▶ What the exercise asks
Each entry below should be printed exactly as given.

(Stored records)
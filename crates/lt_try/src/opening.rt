//! How is a table opened over a prepared book and one empty table for each shard? `prepare` and `prepare_with` of
//! `lt_walk` make the book, in one of the three ways of keeping steps.
ghost use Rattle.std.specs.Prelude.{◌≡◌, ◌≤◌, ◌<◌, ◌^◌, IfOk, length, map};
ghost use Rattle.std.specs.List.{All};
ghost use Rattle.lt_words.specs.Row.{AreFresh, AreNoting, fresh_passes};
ghost use Rattle.lt_try.specs.Tags.{AreTags, IsTag};

use crate::slot::{ShardSlot, ShardTag};
use crate::table::TryTable;
use lt_rules::KeyTable;
use lt_shard::{EmptyTables, Shard};
use lt_walk::{Ready, ReadyParts, noting_lets, parts_of};
use lt_words::{Book, Pass, Waker, abandon_all};
use std::alloc::{AllocError, Global};

/// A new shard in its slot.
fn new_slot<T: KeyTable + Drop, M: EmptyTables<T>>(
    alloc: Global,
    book: &Book,
    tables: &M,
    index: usize,
    max_steps: u64,
) -> Result<ShardSlot<T>, AllocError>
    requires index { index < book.now.shards }
    requires low { 1 ≤ max_steps }
    requires high { max_steps ≤ 2 ^ 32 }
    ensures { IfOk result (λ slot. IsTag book.now max_steps index slot.tag) }
{
    let shard = Shard::new(alloc, tables.empty_table(), book, index, max_steps);
    let tag = ShardTag {
        start: book.front(),
        index,
        max_steps,
    };
    ShardSlot::new(alloc, shard, &tag)
}

/// The slots of a new book's shards, in order.
fn new_slots<T: KeyTable + Drop, M: EmptyTables<T>>(
    alloc: Global,
    book: &Book,
    tables: &M,
    shards: usize,
    max_steps: u64,
) -> Result<Vec<ShardSlot<T>>, AllocError>
    requires shards { shards ≡ book.now.shards }
    requires low { 1 ≤ max_steps }
    requires high { max_steps ≤ 2 ^ 32 }
    ensures many { IfOk result (λ slots. length slots.items ≡ shards) }
    ensures each { IfOk result (λ slots. AreTags book.now max_steps slots.items) }
{
    let mut slots = Vec::new(alloc);
    for index in 0..shards {
        slots.push(new_slot(alloc, book, tables, index, max_steps)?)?;
    }
    Ok(slots)
}

impl<T: KeyTable + Drop, M: EmptyTables<T> + Drop> TryTable<T, M> {
    /// Opens the table of a prepared book, over one empty table for each shard. The passes have seen nothing and made no
    /// step. If an allocation fails, the passes are given up with the book.
    pub fn open(
        alloc: Global,
        ready: Ready,
        tables: M,
    ) -> Result<(TryTable<T, M>, Vec<Pass>), AllocError>
        ensures config { IfOk result (λ r. r.0.config ≡ ready.config) }
        ensures book { IfOk result (λ r. r.0.of ≡ ready.of) }
        ensures passes { IfOk result (λ r. r.1.items ≡ fresh_passes ready.of ready.of.passes) }
        ensures of { IfOk result (λ r. All (λ p. p.of ≡ ready.of) r.1.items) }
    {
        let ReadyParts {
            config,
            book,
            passes,
        } = parts_of(ready);
        let Ok(slots) = new_slots(alloc, &book, &tables, config.shards, config.max_steps) else {
            abandon_all(passes);
            return Err(AllocError);
        };
        let table = TryTable {
            config,
            book,
            slots,
            tables,
            waker: (),
        };
        Ok((table, passes))
    }

    /// [`TryTable::open`], with a waker that is called for each let, by the call that let the request through, once it is
    /// out of the shard. Each pass allocates room for one let of each pass.
    pub fn open_waking<W: Waker + Drop>(
        alloc: Global,
        ready: Ready,
        tables: M,
        waker: W,
    ) -> Result<(TryTable<T, M, W>, Vec<Pass>), AllocError>
        ensures config { IfOk result (λ r. r.0.config ≡ ready.config) }
        ensures book { IfOk result (λ r. r.0.of ≡ ready.of) }
        ensures passes { IfOk result (λ r. AreFresh ready.of ready.of.passes r.1.items) }
        // Each pass notes every let of a step.
        ensures noting { IfOk result (λ r. AreNoting ready.of.passes r.1.items) }
        ensures of { IfOk result (λ r. All (λ p. p.of ≡ ready.of) r.1.items) }
    {
        let (table, passes) = TryTable::open(alloc, ready, tables)?;
        let passes = noting_lets(passes)?;
        Ok((table.with_waker(waker), passes))
    }

    fn with_waker<W: Waker>(self, waker: W) -> TryTable<T, M, W>
        ensures { result ≡ self }
    {
        let TryTable {
            config,
            book,
            slots,
            tables,
            waker: (),
        } = self;
        TryTable {
            config,
            book,
            slots,
            tables,
            waker,
        }
    }
}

▶ Written response
filename crates/lt_try/src/opening.rt
//! How is a table opened over a prepared book and one empty table for each shard? `prepare` and `prepare_with` of
//! `lt_walk` make the book, in one of the three ways of keeping steps.
ghost use Rattle.std.specs.Prelude.{◌≡◌, ◌≤◌, ◌<◌, ◌^◌, IfOk, length, map};
ghost use Rattle.std.specs.List.{All};
ghost use Rattle.lt_words.specs.Row.{AreFresh, AreNoting, fresh_passes};
ghost use Rattle.lt_try.specs.Tags.{AreTags, IsTag};

use crate::slot::{ShardSlot, ShardTag};
use crate::table::TryTable;
use lt_rules::KeyTable;
use lt_shard::{EmptyTables, Shard};
use lt_walk::{Ready, ReadyParts, noting_lets, parts_of};
use lt_words::{Book, Pass, Waker, abandon_all};
use std::alloc::{AllocError, Global};

/// A new shard in its slot.
fn new_slot<T: KeyTable + Drop, M: EmptyTables<T>>(
    alloc: Global,
    book: &Book,
    tables: &M,
    index: usize,
    max_steps: u64,
) -> Result<ShardSlot<T>, AllocError>
    requires index { index < book.now.shards }
    requires low { 1 ≤ max_steps }
    requires high { max_steps ≤ 2 ^ 32 }
    ensures { IfOk result (λ slot. IsTag book.now max_steps index slot.tag) }
{
    let shard = Shard::new(alloc, tables.empty_table(), book, index, max_steps);
    let tag = ShardTag {
        start: book.front(),
        index,
        max_steps,
    };
    ShardSlot::new(alloc, shard, &tag)
}

/// The slots of a new book's shards, in order.
fn new_slots<T: KeyTable + Drop, M: EmptyTables<T>>(
    alloc: Global,
    book: &Book,
    tables: &M,
    shards: usize,
    max_steps: u64,
) -> Result<Vec<ShardSlot<T>>, AllocError>
    requires shards { shards ≡ book.now.shards }
    requires low { 1 ≤ max_steps }
    requires high { max_steps ≤ 2 ^ 32 }
    ensures many { IfOk result (λ slots. length slots.items ≡ shards) }
    ensures each { IfOk result (λ slots. AreTags book.now max_steps slots.items) }
{
    let mut slots = Vec::new(alloc);
    for index in 0..shards {
        slots.push(new_slot(alloc, book, tables, index, max_steps)?)?;
    }
    Ok(slots)
}

impl<T: KeyTable + Drop, M: EmptyTables<T> + Drop> TryTable<T, M> {
    /// Opens the table of a prepared book, over one empty table for each shard. The passes have seen nothing and made no
    /// step. If an allocation fails, the passes are given up with the book.
    pub fn open(
        alloc: Global,
        ready: Ready,
        tables: M,
    ) -> Result<(TryTable<T, M>, Vec<Pass>), AllocError>
        ensures config { IfOk result (λ r. r.0.config ≡ ready.config) }
        ensures book { IfOk result (λ r. r.0.of ≡ ready.of) }
        ensures passes { IfOk result (λ r. r.1.items ≡ fresh_passes ready.of ready.of.passes) }
        ensures of { IfOk result (λ r. All (λ p. p.of ≡ ready.of) r.1.items) }
    {
        let ReadyParts {
            config,
            book,
            passes,
        } = parts_of(ready);
        let Ok(slots) = new_slots(alloc, &book, &tables, config.shards, config.max_steps) else {
            abandon_all(passes);
            return Err(AllocError);
        };
        let table = TryTable {
            config,
            book,
            slots,
            tables,
            waker: (),
        };
        Ok((table, passes))
    }

    /// [`TryTable::open`], with a waker that is called for each let, by the call that let the request through, once it is
    /// out of the shard. Each pass allocates room for one let of each pass.
    pub fn open_waking<W: Waker + Drop>(
        alloc: Global,
        ready: Ready,
        tables: M,
        waker: W,
    ) -> Result<(TryTable<T, M, W>, Vec<Pass>), AllocError>
        ensures config { IfOk result (λ r. r.0.config ≡ ready.config) }
        ensures book { IfOk result (λ r. r.0.of ≡ ready.of) }
        ensures passes { IfOk result (λ r. AreFresh ready.of ready.of.passes r.1.items) }
        // Each pass notes every let of a step.
        ensures noting { IfOk result (λ r. AreNoting ready.of.passes r.1.items) }
        ensures of { IfOk result (λ r. All (λ p. p.of ≡ ready.of) r.1.items) }
    {
        let (table, passes) = TryTable::open(alloc, ready, tables)?;
        let passes = noting_lets(passes)?;
        Ok((table.with_waker(waker), passes))
    }

    fn with_waker<W: Waker>(self, waker: W) -> TryTable<T, M, W>
        ensures { result ≡ self }
    {
        let TryTable {
            config,
            book,
            slots,
            tables,
            waker: (),
        } = self;
        TryTable {
            config,
            book,
            slots,
            tables,
            waker,
        }
    }
}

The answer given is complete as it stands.